══ Given data ══

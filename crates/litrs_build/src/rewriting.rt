//! Literals that are rewritten in a style.
ghost use Rattle.std.specs.Prelude.{◌≡◌, ◌≤◌, ◌==◌, ◌++◌, ◌∷◌, ℕ, List, length, IfOk, OnOk, string_bytes, encode_utf8_all, if◌then◌else◌};
ghost use Rattle.std.specs.Str.{chars};
ghost use Rattle.litrs_base.specs.Characters.{line_feed, double_quote};
ghost use Rattle.litrs_base.specs.declared.escape.Unescape.{Unescape};
ghost use Rattle.litrs_base.specs.declared.quotes.Switches.{Switches};
ghost use Rattle.litrs_base.specs.Quotes.{char_front};
ghost use Rattle.litrs_grammar.specs.CharByte.{CharParts, char_text, IsCharLiteral};
ghost use Rattle.litrs_grammar.specs.Escape.{Escape};
ghost use Rattle.litrs_grammar.specs.Literal.{StringParts, quoted_parts, IsLiteral, IsString, suffix_of};
ghost use Rattle.litrs_grammar.specs.LiteralText.{literal_text, string_text};
ghost use Rattle.litrs_grammar.specs.Quoted.{Item, item_text, body_text, QuotedParts, IsQuotedLiteral};
ghost use Rattle.litrs_grammar.specs.Strings.{is_raw};
ghost use Rattle.litrs.specs.LiteralDerivation.{derivation};
ghost use Rattle.litrs_build.specs.BodyItem.{Reads, IsBody};
ghost use Rattle.litrs_build.specs.Rewriting.{is_mark, after_blanks, run_len, needed_char, needed_spelling, item_rewriting, before_after, items_of, keeps, rewritten, rewritten_items, rewritten_string, rewritten_char};
ghost use Rattle.litrs_build.specs.WrittenAnew.{HaveSameValue};

use crate::body_item::{BodyItem, read_item, starts_with};
use crate::float_style::rewritten_float;
use crate::integer_style::rewritten_integer;
use crate::pieces::{Charset, plain_len};
use crate::spelling::Spelling;
use crate::style::{Case, Escapes, FloatGroups, Groups, Lines, Style};
use litrs::{Literal, Text};
use litrs_lex::{CharKind, StringKind, Switches, Unescape};
use std::alloc::{AllocError, Global};

/// Returns the text of `lit`, rewritten in `style`: for `"\x4A"` and the escapes that are needed,
/// that is `"J"`. The text is a literal with the kind, the value and the suffix of `lit`.
///
/// Bools and raw strings keep their text. A second call in the same style changes nothing.
///
/// There is one allocation, if the text is not longer than that of `lit`. Otherwise, a text with
/// quotes may be allocated again while it grows.
///
/// # Errors
///
/// Returns `AllocError` if an allocation fails.
pub fn rewritten<B: Text>(
    alloc: Global,
    lit: &Literal<B>,
    style: &Style,
) -> Result<String, AllocError>
    ensures written { IfOk result (λ text. chars (string_bytes text)
        ≡ literal_text (rewritten style.now (derivation lit.now))) }
    ensures literal { IfOk result (λ text. IsLiteral (chars (string_bytes text))
        (rewritten style.now (derivation lit.now))) }
    ensures value { IfOk result (λ _.
        HaveSameValue (derivation lit.now) (rewritten style.now (derivation lit.now))) }
    ensures suffix { IfOk result (λ _.
        suffix_of (rewritten style.now (derivation lit.now)) ≡ suffix_of (derivation lit.now)) }
    ensures again { IfOk result (λ _.
        rewritten style.now (rewritten style.now (derivation lit.now))
        ≡ rewritten style.now (derivation lit.now)) }
{
    // Called for its contract: the parts are those of a literal.
    let _ = lit.raw_input();
    let text = rewritten_text(alloc, lit, style)?;
    Ok(text)
}

/// Returns the text of `lit`, rewritten in `style`.
fn rewritten_text<B: Text>(
    alloc: Global,
    lit: &Literal<B>,
    style: &Style,
) -> Result<String, AllocError>
    ensures { IfOk result (λ text. chars (string_bytes text)
        ≡ literal_text (rewritten style.now (derivation lit.now))) }
{
    let raw = lit.raw_input();
    if keeps(style, lit) {
        return String::from_str(alloc, raw);
    }
    match lit {
        Literal::Bool(_) => String::from_str(alloc, raw),
        Literal::Integer(lit) => rewritten_integer(alloc, lit, style),
        Literal::Float(lit) => rewritten_float(alloc, lit, style),
        Literal::Char(_) => rewritten_char(alloc, raw, CharKind::Char, style),
        Literal::Byte(_) => rewritten_char(alloc, raw, CharKind::Byte, style),
        Literal::String(lit) => {
            rewritten_string(alloc, raw, lit.is_raw_string(), StringKind::String, style)
        }
        Literal::ByteString(lit) => {
            rewritten_string(
                alloc,
                raw,
                lit.is_raw_byte_string(),
                StringKind::ByteString,
                style,
            )
        }
        Literal::CString(lit) => {
            rewritten_string(
                alloc,
                raw,
                lit.is_raw_c_string(),
                StringKind::CString,
                style,
            )
        }
    }
}

/// Returns `true` only if `style` does not change any literal of the kind of `lit`.
fn keeps<B: Text>(style: &Style, lit: &Literal<B>) -> bool
    ensures { result ≡ keeps style.now (derivation lit.now) }
{
    match lit {
        Literal::Bool(_) => true,
        Literal::Integer(_) => matches!((style.digits, style.groups), (None, Groups::Kept)),
        Literal::Float(_) => {
            matches!(
                (style.exponents, style.float_groups),
                (None, FloatGroups::Kept)
            )
        }
        Literal::Char(_)
        | Literal::Byte(_)
        | Literal::String(_)
        | Literal::ByteString(_)
        | Literal::CString(_) => {
            matches!((style.escapes, style.lines), (Escapes::Kept, Lines::Kept))
        }
    }
}

/// Returns the text of a string literal of this kind, rewritten.
fn rewritten_string(
    alloc: Global,
    raw: &str,
    has_raw_body: bool,
    kind: StringKind,
    style: &Style,
) -> Result<String, AllocError>
    requires { (d : StringParts) × IsString kind (chars raw.now) d × (has_raw_body ≡ is_raw d) }
    ensures { (d : StringParts) → IsString kind (chars raw.now) d → IfOk result (λ text.
        chars (string_bytes text) ≡ string_text kind (rewritten_string style.now d)) }
{
    if has_raw_body {
        String::from_str(alloc, raw)
    } else {
        rewritten_quoted(alloc, raw, kind, style)
    }
}

/// Returns the text of a quoted literal of this kind, rewritten.
fn rewritten_quoted(
    alloc: Global,
    raw: &str,
    kind: StringKind,
    style: &Style,
) -> Result<String, AllocError>
    requires { (d : QuotedParts) × IsQuotedLiteral kind (chars raw.now) d }
    ensures { (d : QuotedParts) → IsQuotedLiteral kind (chars raw.now) d → IfOk result (λ text.
        chars (string_bytes text)
        ≡ string_text kind (rewritten_string style.now (quoted_parts d))) }
{
    let (front, body) = raw.split_at(kind.front_len());
    // bounded by the length of the text.
    let mut text = String::with_capacity(alloc, raw.len())?;
    text.push_str(front)?;
    push_body(&mut text, body, kind.switches(), style)?;
    Ok(text)
}

/// Appends `body`, a body with its closing quote and the suffix, with its items rewritten.
fn push_body(
    text: &mut String,
    body: &str,
    allowed: Switches,
    style: &Style,
) -> Result<(), AllocError>
    requires { (items : List Item) × (suffix : List ℕ) × IsBody allowed body.now items suffix }
    ensures { (items : List Item) (suffix : List ℕ) → IsBody allowed body.now items suffix →
        OnOk result (string_bytes text.new ≡ string_bytes text.old ++ encode_utf8_all
        (body_text (rewritten_items style.now Before.Mark items) ++ double_quote ∷ suffix)) }
{
    let mut rest = body;
    let mut before = Before::Mark;
    while !starts_with(rest.as_bytes(), b'"') {
        let run = run_len(rest.as_bytes(), before, style.escapes);
        if run > 0 {
            text.push_str(&rest[..run])?;
            before = Before::Text;
            rest = &rest[run..];
            continue;
        }
        let (item, len) = read_item(rest, allowed);
        let rewriting = rewriting_of(item, '"', before, style);
        push_rewriting(text, &rest[..len], rewriting, style.escape_digits)?;
        before = before.after(item, rewriting);
        rest = &rest[len..];
    }
    text.push_str(rest)?;
    Ok(())
}

/// Returns the length of the plain bytes that `rest` starts with, which are written as they are: of
/// all of them if characters stay, otherwise of ASCII. It is 0 after a continuation.
fn run_len(rest: &[u8], before: Before, escapes: Escapes) -> usize
    ensures len { result ≡ run_len escapes before rest.now }
    ensures within { result ≤ length rest.now }
{
    match before {
        Before::Text | Before::Mark => match escapes {
            Escapes::Kept | Escapes::Respelled => plain_len(rest, Charset::Any),
            Escapes::Needed => plain_len(rest, Charset::Ascii),
        },
        Before::Continuation => 0,
    }
}

/// Returns the text of a char or a byte, rewritten.
fn rewritten_char(
    alloc: Global,
    raw: &str,
    kind: CharKind,
    style: &Style,
) -> Result<String, AllocError>
    requires { (d : CharParts) × IsCharLiteral kind (chars raw.now) d }
    ensures { (d : CharParts) → IsCharLiteral kind (chars raw.now) d → IfOk result (λ text.
        chars (string_bytes text) ≡ char_text kind (rewritten_char style.now d)) }
{
    let (front, rest) = raw.split_at(front_len(kind));
    let (item, len) = read_item(rest, kind.switches());
    let rewriting = rewriting_of(item, '\'', Before::Mark, style);
    // bounded by the length of the text.
    let mut text = String::with_capacity(alloc, raw.len())?;
    text.push_str(front)?;
    push_rewriting(&mut text, &rest[..len], rewriting, style.escape_digits)?;
    text.push_str(&rest[len..])?;
    Ok(text)
}

/// Returns the length in bytes of the front of a char or a byte.
fn front_len(kind: CharKind) -> usize
    ensures { result ≡ length (char_front kind) }
{
    match kind {
        CharKind::Char => 1,
        CharKind::Byte => 2,
    }
}

/// The text before an item.
#[derive(Clone, Copy)]
pub(crate) enum Before {
    /// A character.
    Text,
    /// The opening quote, an escape, or LF.
    Mark,
    /// A continuation.
    Continuation,
}

impl Before {
    /// Returns `true` if a combining character would be shown on the text.
    fn is_mark(self) -> bool
        ensures { result ≡ is_mark self }
    {
        match self {
            Before::Text => false,
            Before::Mark | Before::Continuation => true,
        }
    }

    /// Returns the text before the next item, after `item` is rewritten.
    fn after(self, item: BodyItem, rewriting: Rewriting) -> Before
        ensures { (given : Item) (case : Case) → Reads item given →
            result ≡ before_after self (items_of case given rewriting) }
    {
        match rewriting {
            Rewriting::Removed => self,
            Rewriting::Spelled(Spelling::Plain(c)) => Before::after_char(c),
            Rewriting::Spelled(_) => Before::Mark,
            Rewriting::Unchanged => match item {
                BodyItem::Plain(c) => Before::after_char(c),
                BodyItem::Escape(..) => Before::Mark,
                BodyItem::Continuation => Before::Continuation,
            },
        }
    }

    /// Returns the text before the item after `c`.
    fn after_char(c: char) -> Before
        ensures { result ≡ (if c == line_feed then Before.Mark else Before.Text) }
    {
        if c == '\n' {
            Before::Mark
        } else {
            Before::Text
        }
    }
}

/// The text that is written for an item.
#[derive(Clone, Copy)]
pub(crate) enum Rewriting {
    /// The item as it is.
    Unchanged,
    /// This spelling.
    Spelled(Spelling),
    /// An empty text.
    Removed,
}

/// Returns the text that is written for `item`.
fn rewriting_of(item: BodyItem, quote: char, before: Before, style: &Style) -> Rewriting
    ensures { (given : Item) → Reads item given →
        result ≡ item_rewriting style.now quote before given }
{
    match item {
        BodyItem::Plain('\n') => match style.lines {
            Lines::Kept => Rewriting::Unchanged,
            Lines::Joined => Rewriting::Spelled(Spelling::Simple('n')),
        },
        BodyItem::Plain(c) => match style.escapes {
            Escapes::Kept | Escapes::Respelled => Rewriting::Unchanged,
            Escapes::Needed => Rewriting::Spelled(needed_char(c, quote, before)),
        },
        BodyItem::Escape(own, value) => match style.escapes {
            Escapes::Kept => Rewriting::Unchanged,
            Escapes::Respelled => Rewriting::Spelled(own),
            Escapes::Needed => Rewriting::Spelled(needed_spelling(value, quote, before)),
        },
        BodyItem::Continuation => match style.lines {
            Lines::Kept => Rewriting::Unchanged,
            Lines::Joined => Rewriting::Removed,
        },
    }
}

/// Returns the spelling of `value` with only the escapes that are needed.
fn needed_spelling(value: Unescape, quote: char, before: Before) -> Spelling
    ensures { result ≡ needed_spelling quote before value }
{
    match value {
        Unescape::Unicode(c) => needed_char(c, quote, before),
        Unescape::Byte(b) => {
            if b.is_ascii() {
                needed_char(char::from(b), quote, before)
            } else {
                Spelling::Hex(b)
            }
        }
    }
}

/// Returns the spelling of `c` with only the escapes that are needed.
fn needed_char(c: char, quote: char, before: Before) -> Spelling
    ensures { result ≡ needed_char quote before c }
{
    after_blanks(before, Spelling::of_char(c, quote, before.is_mark()))
}

/// Returns `spelling`, with a blank escaped after a continuation, which would take it.
fn after_blanks(before: Before, spelling: Spelling) -> Spelling
    ensures { result ≡ after_blanks before spelling }
{
    match before {
        Before::Text | Before::Mark => spelling,
        Before::Continuation => match spelling {
            Spelling::Plain(' ') => Spelling::Hex(b' '),
            Spelling::Plain('\t') => Spelling::Hex(b'\t'),
            Spelling::Plain('\n') => Spelling::Hex(b'\n'),
            Spelling::Plain(_) => spelling,
            Spelling::Simple(_) | Spelling::Hex(_) | Spelling::Unicode(_) => spelling,
        },
    }
}

/// Appends the text that is written for the item with the text `item`.
fn push_rewriting(
    text: &mut String,
    item: &str,
    rewriting: Rewriting,
    case: Case,
) -> Result<(), AllocError>
    ensures { (given : Item) → item.now ≡ encode_utf8_all (item_text given) →
        OnOk result (string_bytes text.new ≡ string_bytes text.old
        ++ encode_utf8_all (body_text (items_of case given rewriting))) }
{
    match rewriting {
        Rewriting::Unchanged => text.push_str(item),
        Rewriting::Spelled(spelling) => spelling.push_to(text, case),
        Rewriting::Removed => Ok(()),
    }
}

═══

Your instructions:
Using the records above, restate word for word the lines from the one with "let mut before = Before::Mark;" through the one with "after a continuation.", both included.

Task output:
    let mut before = Before::Mark;
    while !starts_with(rest.as_bytes(), b'"') {
        let run = run_len(rest.as_bytes(), before, style.escapes);
        if run > 0 {
            text.push_str(&rest[..run])?;
            before = Before::Text;
            rest = &rest[run..];
            continue;
        }
        let (item, len) = read_item(rest, allowed);
        let rewriting = rewriting_of(item, '"', before, style);
        push_rewriting(text, &rest[..len], rewriting, style.escape_digits)?;
        before = before.after(item, rewriting);
        rest = &rest[len..];
    }
    text.push_str(rest)?;
    Ok(())
}

/// Returns the length of the plain bytes that `rest` starts with, which are written as they are: of
/// all of them if characters stay, otherwise of ASCII. It is 0 after a continuation.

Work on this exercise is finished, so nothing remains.